The late Cynthia Bond

The park theater at Hanauma Bay Nature Preserve has been renamed Cynthia M. Bond Memorial Theater, and the Friends of Hanauma Bay made it official Aug. 28 when the sign went up over the entrance.

The sign honors the dedicated public servant and Hawaii Kai resident who worked long and hard to get the park’s visitor center complex up and running. Bond, who died of cancer in 2008, worked for the project during her three-decade career in the city Department of Human Resources, and she continued supporting and protecting Hanauma Bay after she retired — as a park docent and as president of the Friends.

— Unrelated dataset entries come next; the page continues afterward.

//! Objects whose bytes the caller keeps while they are away, and objects that are freed where they are far.
ghost use Rattle.std.specs.Prelude.{◌≡◌, ◌≢◌, ◌<◌, ◌≤◌, ◌⊎◌, true, false, length, Option, Some, IfSome, IfNone};
ghost use Rattle.library_store.specs.Parcels.{Alike};
ghost use Rattle.world.specs.Answers.{Answers};
ghost use Rattle.world.specs.WorldState.{state_of};
ghost use Rattle.memory.specs.Objects.{bytes_of};
ghost use Rattle.object_store.specs.Stores.{StandsAt};
ghost use Rattle.sha2.specs.Sha256.{sha256};
ghost use Rattle.far_store.specs.declared.fault.StoreFault.{StoreFault};
ghost use Rattle.far_store.specs.declared.fault.StoreFault.TheVariants.{Damaged};
ghost use Rattle.placement.specs.declared.places.Moved.TheVariants as moved;
ghost use Rattle.placement.specs.declared.places.Place.TheVariants as place;
ghost use Rattle.world.specs.declared.events.Event.{Event};
ghost use Rattle.world.specs.declared.events.ObjectCommand.{ObjectCommand};
ghost use Rattle.world.specs.declared.world.moving.Move.{Move};
ghost use Rattle.world.specs.declared.replies.Reply.{Reply};
ghost use Rattle.bpfagent_c.specs.Codes.{code_of, code_of_reply};
ghost use Rattle.bpfagent_c.specs.Commanded.{Commanded, HasNone};
ghost use Rattle.bpfagent_c.specs.Handing.{Forgets, IsCalm, bytes_at, left_count, left_digest, left_over};

use crate::codes::{code_of_back, code_of_moved};
use crate::handle::{Agent, give, take};
use crate::numbers::{DAMAGED, FAULT_FAR, FAULT_HERE, NOAGENT, OK, SHORT};
use crate::shown::Parcel;
use library_store::LibraryStore;
use object_store::{Moved, Place};
use std::alloc::Global;
use world::World;

/// Writes the SHA-256 of the bytes of an object that is far.
fn tell_parcel(world: &World<LibraryStore>, object: u32, parcel: &mut Parcel)
    requires far { StandsAt place.Far world.now.store.state object }
    ensures { parcel.new.digest ≡ sha256 (bytes_of world.now.store.state.objects object) }
{
    match world.parcel(object) {
        Some(kept) => parcel.digest = kept.digest(),
        None => unreachable!(),
    }
}

/// The command `left` of an object for which the buffer has room.
fn leave_into(
    world: &mut World<LibraryStore>,
    object: u32,
    buffer: &mut [u8],
    size: &mut usize,
    parcel: &mut Parcel,
) -> u32
    requires room { length (bytes_of world.old.store.state.objects object) ≤ length buffer.old }
    ensures replied { (replied : Reply) × Answers (state_of world.old) (Event.Object object (ObjectCommand.Move Move.Left)) replied (state_of world.new)
        × (result ≡ code_of_reply replied)
        × (buffer.new ≡ left_over replied (bytes_of world.old.store.state.objects object) buffer.old)
        × (size.new ≡ left_count replied (bytes_of world.old.store.state.objects object) size.old)
        × (parcel.new.digest ≡ left_digest replied (bytes_of world.old.store.state.objects object) parcel.old.digest) }
    ensures works { result ≢ FAULT_HERE }
{
    let count = world.length(object);
    let moved = world.left_into(object, &mut buffer[..count]);
    if moved == Moved::Done {
        *size = count;
        tell_parcel(world, object, parcel);
    }
    code_of_moved(moved, Place::Here)
}

/// The command `left`, where the caller keeps the bytes: they are written over the first ones of a buffer. Of an object that has
/// more than there is room for it only tells how many it has.
#[unsafe(no_mangle)]
pub extern "C" fn bpfagent_left_into(
    alloc: Global,
    agent: &mut Agent,
    object: u32,
    buffer: &mut [u8],
    size: &mut usize,
    parcel: &mut Parcel,
) -> u32
    ensures replied { agent.old.live ≡ true → length (bytes_at agent.old object) ≤ length buffer.old
        → (replied : Reply) × Commanded agent.old (Event.Object object (ObjectCommand.Move Move.Left)) (Some replied) agent.new × (result ≡ code_of_reply replied)
        × (buffer.new ≡ left_over replied (bytes_at agent.old object) buffer.old) × (size.new ≡ left_count replied (bytes_at agent.old object) size.old)
        × (parcel.new.digest ≡ left_digest replied (bytes_at agent.old object) parcel.old.digest) }
    ensures short { agent.old.live ≡ true → length buffer.old < length (bytes_at agent.old object)
        → (result ≡ SHORT) × IsCalm agent.old agent.new × (buffer.new ≡ buffer.old) × (size.new ≡ length (bytes_at agent.old object))
        × (parcel.new ≡ parcel.old) }
    ensures none { agent.old.live ≡ false → (result ≡ NOAGENT) × HasNone agent.old agent.new × (buffer.new ≡ buffer.old)
        × (size.new ≡ size.old) × (parcel.new ≡ parcel.old) }
    ensures works { result ≢ FAULT_HERE }
{
    let Some(mut world) = take(agent, alloc) else {
        return NOAGENT;
    };
    let count = world.length(object);
    if count > buffer.len() {
        give(agent, alloc, world);
        *size = count;
        return SHORT;
    }
    let number = leave_into(&mut world, object, buffer, size, parcel);
    give(agent, alloc, world);
    number
}

/// The command `returned`, with the bytes that the caller kept: what came of it, if there is an agent.
fn take_back(agent: &mut Agent, alloc: Global, object: u32, bytes: &[u8]) -> Option<Moved>
    requires premise { agent.old.live ≡ true → Alike (bytes_at agent.old object) bytes.now → bytes.now ≡ bytes_at agent.old object }
    ensures some { IfSome result (λ m. Commanded agent.old (Event.Object object (ObjectCommand.Move Move.Returned))
        (Some (Reply.Moved object Move.Returned m)) agent.new) }
    ensures none { IfNone result (HasNone agent.old agent.new) }
    ensures back { IfSome result (λ m. m ≡ moved.Done → bytes.now ≡ bytes_at agent.old object) }
    ensures damaged { IfSome result (λ m. m ≡ moved.Fault Damaged → bytes.now ≢ bytes_at agent.old object) }
    ensures others { IfSome result (λ m. (f : StoreFault) → m ≡ moved.Fault f → bytes.now ≢ bytes_at agent.old object → f ≡ Damaged) }
{
    let mut world = take(agent, alloc)?;
    let moved = world.returned_from(object, bytes);
    give(agent, alloc, world);
    Some(moved)
}

/// The command `returned`, with the bytes that the caller kept. Bytes of that length and that SHA-256 have to be those.
#[unsafe(no_mangle)]
pub extern "C" fn bpfagent_returned_from(
    alloc: Global,
    agent: &mut Agent,
    object: u32,
    bytes: &[u8],
) -> u32
    requires premise { agent.old.live ≡ true → Alike (bytes_at agent.old object) bytes.now → bytes.now ≡ bytes_at agent.old object }
    ensures replied { (given : Option Reply) × Commanded agent.old (Event.Object object (ObjectCommand.Move Move.Returned)) given agent.new
        × ((result ≡ code_of given) ⊎ ((result ≡ DAMAGED) × (code_of given ≡ FAULT_FAR))) }
    ensures back { result ≡ OK → bytes.now ≡ bytes_at agent.old object }
    ensures damaged { result ≡ DAMAGED → bytes.now ≢ bytes_at agent.old object }
    ensures others { result ≡ FAULT_FAR → bytes.now ≢ bytes_at agent.old object → ⊥ }
{
    match take_back(agent, alloc, object, bytes) {
        Some(moved) => code_of_back(moved),
        None => NOAGENT,
    }
}

/// Frees an object that is far.
#[unsafe(no_mangle)]
pub extern "C" fn bpfagent_forget(alloc: Global, agent: &mut Agent, object: u32) -> u32
    ensures replied { agent.old.live ≡ true → Forgets object agent.old result agent.new }
    ensures none { agent.old.live ≡ false → (result ≡ NOAGENT) × HasNone agent.old agent.new }
{
    let Some(mut world) = take(agent, alloc) else {
        return NOAGENT;
    };
    let moved = world.forget(object);
    give(agent, alloc, world);
    code_of_moved(moved, Place::Far)
}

The visitor center opened in 2002, after Bond and her team met with community stakeholders more than 100 times to get the concept right. It was first proposed by her husband Robin of the parks department as a way to reduce reef damage by educating visitors about the park’s sensitive coral shelf before they went down the hill to explore it. Now retired, Robin Bond is back on the Friends board “to make sure all their work doesn’t move backward.”

“Quiet frankly,” planner Ralph Portmore testified before the City Council in July, “it would not have happened without her. (This is) a highly fitting way to memorialize that reality.”

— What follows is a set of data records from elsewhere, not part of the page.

//! `commands`: the table of commands out.
ghost use Rattle.agent.specs.CommandsLeaves.{CommandsLeaves};

use crate::failure::Failure;
use console::command_table;
use std::io::Write;
use streams::put_all;

/// Writes a line for each command of `run`.
pub(crate) fn commands<W: Write>(writer: &mut W) -> Result<(), Failure>
    ensures { CommandsLeaves (W.contents writer.old) (W.contents writer.new) result }
{
    put_all(writer, &command_table())?;
    Ok(())
}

Under Mayor Jeremy Harris’ Vision program, Cynthia Bond also championed such East Oahu landmarks as the Pinky Thompson Canoe Halau, the Wailupe Park pedestrian bridge and the gateway entry signs for Hawaii Kai and Aina Haina.

“Cynthia was a wonderful woman,” stated fellow Hanauma volunteer Fred Barnett after the council’s renaming resolution passed. “It is time that all of us must make sure that the theater is maintained and given proper respect.”